Wireless sensor networks (WSNs) are frequently employed in the agriculture field to improve the quality and crop yield. The WSN might reduce the quality of the communication link because of the absorption, dispersion, and attenuation through the leaves of plants. Therefore, estimating the path loss due to signal attenuation before WSN deployment is crucial for the smooth operation of the network. In this research paper, three innovative path loss models are defined based on the MATLAB curve fitting tool: polynomial water cycle (PWC), exponential water cycle (EWC), and Gaussian water cycle (GWC) algorithm.
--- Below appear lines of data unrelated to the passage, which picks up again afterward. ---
//! Cancellation of a guest program's threads, their clean-up handlers and their thread-specific data, over its tables of
//! threads and mutexes (POSIX.1-2017, 2.9.5 Thread Cancellation; pthread_cancel, pthread_setcancelstate,
//! pthread_setcanceltype, pthread_testcancel, pthread_cleanup_push, pthread_cleanup_pop, pthread_exit,
//! pthread_key_create, pthread_key_delete, pthread_setspecific and pthread_getspecific).
#![tactic(auto)]

mod handlers;
mod keys;
mod requests;
mod settings;
mod unwinding;

pub use handlers::{pop, push};
pub use keys::{getspecific, key_create, key_delete, setspecific};
pub use requests::{point, request};
pub use settings::{set_state, set_type};
pub use unwinding::{act_on_request, begin_unwind, next_handler};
Here, the path loss between the router node and the coordinator node is modeled on the basis of the received signal strength indicator (RSSI) and time of arrival (TOA) measurements in a sugarcane field. The correlation coefficient between the RSSI measurement and the distance must be increased to create a precise path loss model. This paper integrates the exponential, polynomial, and Gaussian functions with the water cycle algorithm (WCA) to evaluate the optimal coefficients that would lead to precise path loss models. The performance of the proposed models that determines the optimum linear fit between RSSI and distance is validated using the correction coefficient $R^2$. The results show that the proposed path loss model is superior to existing path loss models. The correlation coefficient $R^2$ of the proposed EWC model is 0.9993, whereas the existing PE-PSO, LNSM, and PSO-Exponential models yield 0.98, 0.87, and 0.93, respectively. Also, the proposed models attain the best mean absolute error (MAE) of 0.2187, 0.2951, and 0.3457 dBm for EWC, PWC, and GWC algorithms, respectively.